In relation to self-defence, one must have recourse to the provisions of the Code. An assault is defined by Section 245 of the Code, and Section 1 of the Code defines grievous bodily harm.


In regard to self-defence against an unprovocated assault, the conditions are laid down in Section 271, namely, that when a person is unlawfully assaulted and has not provoked the assault it is lawful for him to use such force to the assailant as is reasonably necessary to make effectual defence against the assault provided that the force used is not intended and is not such as is likely to cause death or grievous bodily harm. If the nature of the assault is such as to cause reasonable apprehension of death or grievous bodily harm and the person using force by way of defence believes on reasonable grounds that he cannot otherwise preserve the person defended from death or grievous bodily harm it is lawful for him to use any such force to the assailant as is necessary for defence even though such force may cause death or grievous bodily harm.


Now bearing in mind that the Village Constable, Enau, was the original assailant, it is necessary to consider whether the father and the son acted independently or in concert. In my view, the facts indicate that the situation arose suddenly, and that the two accused should not be treated as acting in concert.


The son Kaurupa, on seeing his father shot at with an arrow by Enau, fired his bow and arrow at Enau at a distance of some thirty feet.
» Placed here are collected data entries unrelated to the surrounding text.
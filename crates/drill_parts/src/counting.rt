ghost use Rattle.std.specs.Prelude.{◌≡◌, ◌&&◌};
ghost use Rattle.broker_history.specs.Entries.{is_faulted};
ghost use Rattle.drill_parts.specs.Counting.{finished_in, is_accepting, is_finishing, is_response, is_sending, published_in, sent_in};

use broker_history::{Act, Entry};
use nsq_outside::End;
use v2_frame::{Command, FrameKind};

/// How many messages were accepted: PUBs whose reply is no error. One that a disk fault kept from being carried out doesn't count.
pub fn published_in(entries: &[(Entry, End)]) -> u64
    ensures { result ≡ published_in entries.now }
{
    let mut count = 0;
    for (entry, end) in entries {
        if is_accepting(&entry.act) && !is_faulted(*end) {
            count += 1;
        }
    }
    count
}

/// How many messages were sent.
pub fn sent_in(entries: &[(Entry, End)]) -> u64
    ensures { result ≡ sent_in entries.now }
{
    let mut count = 0;
    for (entry, _) in entries {
        if is_sending(&entry.act) {
            count += 1;
        }
    }
    count
}

/// How many FINs succeeded.
pub fn finished_in(entries: &[(Entry, End)]) -> u64
    ensures { result ≡ finished_in entries.now }
{
    let mut count = 0;
    for (entry, end) in entries {
        if is_finishing(&entry.act) && !is_faulted(*end) {
            count += 1;
        }
    }
    count
}

// Whether an act is a PUB whose reply is no error.
fn is_accepting(act: &Act) -> bool
    ensures { result ≡ is_accepting act.now }
{
    match act {
        Act::Did(Command::Pub(_, _), Some(frame)) => is_response(frame.kind),
        _ => false,
    }
}

fn is_response(kind: FrameKind) -> bool
    ensures { result ≡ is_response kind }
{
    match kind {
        FrameKind::Response => true,
        _ => false,
    }
}

// Whether an act is a message that was sent.
fn is_sending(act: &Act) -> bool
    ensures { result ≡ is_sending act.now }
{
    match act {
        Act::Sent(_) => true,
        _ => false,
    }
}

// Whether an act is a FIN without a reply: one that fails is answered with an error.
fn is_finishing(act: &Act) -> bool
    ensures { result ≡ is_finishing act.now }
{
    match act {
        Act::Did(Command::Fin(_), None) => true,
        _ => false,
    }
}

// Whether an entry ended with a disk fault.
fn is_faulted(end: End) -> bool
    ensures { result ≡ is_faulted end }
{
    match end {
        End::Faulted(_) => true,
        _ => false,
    }
}
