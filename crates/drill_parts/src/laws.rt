//! The laws: each function's contract is one, and its body is empty.

ghost use Rattle.drill_parts.specs.Conserving.{MessagesAreConserved, OnesStay};
ghost use Rattle.drill_parts.specs.Publishing.{PublishersPublishAll, PubsAreAccepted};
ghost use Rattle.drill_parts.specs.Replying.{CommandsAreReplied, RunsStay};
ghost use Rattle.drill_parts.specs.Staying.{ClosedByStop, NobodyIsClosed};
ghost use Rattle.drill_parts.specs.Talking.{CallersGiveTheirCommands, ConversationsTalk, FinishedCallersGiveAll};

/// Where nothing is deleted or emptied, all names are durable and each topic has one channel at most, no message is lost or doubled: those that are left and
/// those that were finished are those that were left before and those that were published.
pub fn conservation()
    ensures sum { MessagesAreConserved }
    ensures ones { OnesStay }
{}

/// The entries of a conversation are those of its commands, and what is sent and told between. Of a caller that sends commands in their canonical spelling the
/// first ones are taken, and all where it comes to the end of its bytes.
pub fn callers()
    ensures talking { ConversationsTalk }
    ensures in_order { CallersGiveTheirCommands }
    ensures all { FinishedCallersGiveAll }
{}

/// Each command of a history is replied to by the table, and a history uses no more ids than it was to publish messages. Options and epoch stay.
pub fn replies()
    ensures commands { CommandsAreReplied }
    ensures stay { RunsStay }
{}

/// Where no time passes and nothing is deleted, no client is closed for its silence or for want of its channel. A caller that sends commands, of which none is
/// answered with what closes, is then closed by a Stop alone.
pub fn closings()
    ensures nobody { NobodyIsClosed }
    ensures stop { ClosedByStop }
{}

/// Where ids are left and no disk fault was met, each PUB is accepted. So a connection that alone publishes in a history publishes all that it was to, unless it
/// ended by a fault of its own, by a Stop or by want of memory.
pub fn publishes()
    ensures accepted { PubsAreAccepted }
    ensures all { PublishersPublishAll }
{}
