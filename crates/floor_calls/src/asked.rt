ghost use Rattle.std.specs.Prelude.{◌≡◌, if◌then◌else◌, length, IfOk};
ghost use Rattle.nsq_outside.specs.Files.{Files};
ghost use Rattle.broker_history.specs.State.{State, topic_of};
ghost use Rattle.broker_history.specs.Reply.{are_left, has_ids};
ghost use Rattle.broker_history.specs.Said.{Says, said_made, said_of};
ghost use Rattle.broker_history.specs.declared.ask.Said.TheVariants.{Done, Ids};
ghost use Rattle.floor_rooms.specs.Rooms.{room_in};
ghost use Rattle.floor_rooms.specs.Sound.{IsSound};
ghost use Rattle.floor_rooms.specs.Standing.{HoldsFor};
ghost use Rattle.floor_calls.specs.Asked.{found_where, made_where};

use crate::told::stats;
use broker_history::{Ask, Said};
use floor_acts::{are_left, find_room, find_stall};
use floor_rooms::Hall;
use nsq_base::{Bodies, Chan, Memory, Topic};
use std::alloc::Global;

/// What is said to what is asked, where no disk fault keeps it from being done. Want of memory is the only error.
pub fn said_to(hall: &Hall, alloc: Global, ask: &Ask) -> Result<Said, Memory>
    requires { IsSound hall.now }
    ensures { IfOk result (λ said. (files : Files) (s : State) → HoldsFor hall.now files s → Says s ask.now said) }
{
    match ask {
        Ask::Publish(_, _, bodies) => Ok(said_published(hall, bodies)),
        Ask::Stats(topic, channel) => {
            let told = stats(hall, alloc, *topic, *channel)?;
            Ok(Said::Stats(told))
        }
        Ask::Create(topic, channel) => Ok(said_made(hall, *topic, *channel)),
        Ask::Delete(topic, channel) => Ok(said_of(hall, *topic, *channel)),
        Ask::Empty(topic, channel) => Ok(said_of(hall, *topic, *channel)),
        Ask::Pause(topic, channel) => Ok(said_of(hall, *topic, *channel)),
        Ask::Unpause(topic, channel) => Ok(said_of(hall, *topic, *channel)),
    }
}

// What is said to a publish of these messages.
fn said_published(hall: &Hall, bodies: &Bodies) -> Said
    ensures { (files : Files) (s : State) → HoldsFor hall.now files s → result ≡ (if has_ids s (length bodies.now) then Done else Ids) }
{
    let count = bodies.count() as u64;
    left_said(hall.ids_used, count)
}

// What is said to a publish of so many messages, where so many ids were used.
fn left_said(used: u64, count: u64) -> Said
    ensures { result ≡ (if are_left used count then Done else Ids) }
{
    if are_left(used, count) {
        Said::Done
    } else {
        Said::Ids
    }
}

// What is said where a topic is to be made, or a channel of a topic that has to be there.
fn said_made(hall: &Hall, topic: Topic, channel: Option<Chan>) -> Said
    requires { IsSound hall.now }
    ensures { (files : Files) (s : State) → HoldsFor hall.now files s → result ≡ said_made (topic_of s topic) channel }
{
    made_where(hall, topic, channel)
}

// The same, by what the hall has.
fn made_where(hall: &Hall, topic: Topic, channel: Option<Chan>) -> Said
    requires { IsSound hall.now }
    ensures { result ≡ made_where (room_in hall.now.rooms.items topic) channel }
{
    if channel.is_none() {
        return Said::Done;
    }
    if find_room(hall, topic).is_none() {
        return Said::NoTopic;
    }
    Said::Done
}

// What is said where a topic, or a channel of it, has to be there.
fn said_of(hall: &Hall, topic: Topic, channel: Option<Chan>) -> Said
    requires { IsSound hall.now }
    ensures { (files : Files) (s : State) → HoldsFor hall.now files s → result ≡ said_of (topic_of s topic) channel }
{
    found_where(hall, topic, channel)
}

// The same, by what the hall has.
fn found_where(hall: &Hall, topic: Topic, channel: Option<Chan>) -> Said
    requires { IsSound hall.now }
    ensures { result ≡ found_where (room_in hall.now.rooms.items topic) channel }
{
    if find_room(hall, topic).is_none() {
        return Said::NoTopic;
    }
    let Some(channel) = channel else {
        return Said::Done;
    };
    if find_stall(hall, topic, channel).is_none() {
        return Said::NoChannel;
    }
    Said::Done
}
I think it may reasonably be said that he did it in self-defence of his father, and that his action was not unreasonable in the circumstances.


I therefore find the son, Kaurupa, not guilty because as I said I do not think they acted in concert, and he therefore should not be held responsible for the father's blow.


Now in regard to the father, it is quite plain that the defence of provocation is not available to him, because the use of the ten foot spear with the blade on it was likely to cause death or grievous bodily harm, and in fact it did cause bodily harm to Enau.


It is true that Enau had unlawfully assaulted Amuna and that Amuna had not provoked that assault, but I cannot agree that in the situation in which the accused Amuna found himself, he could have thought that the only way to preserve himself from death or grievous bodily harm was to spear the Village Constable Enau, especially bearing in mind that Enau was speared in the back. Nor do I think, because of their distance apart, that he could have reasonably thought that his action was the only way to preserve his son from death or grievous bodily harm.


The whole affair is most unfortunate because, if the Village Constable had kept his temper and acted sensibly, the situation, which nearly ended fatally, could not have arisen.


The evidence satisfies me that Amuna speared Enau in the back unlawfully, thereby doing him grievous bodily harm. I therefore find him guilty as charged.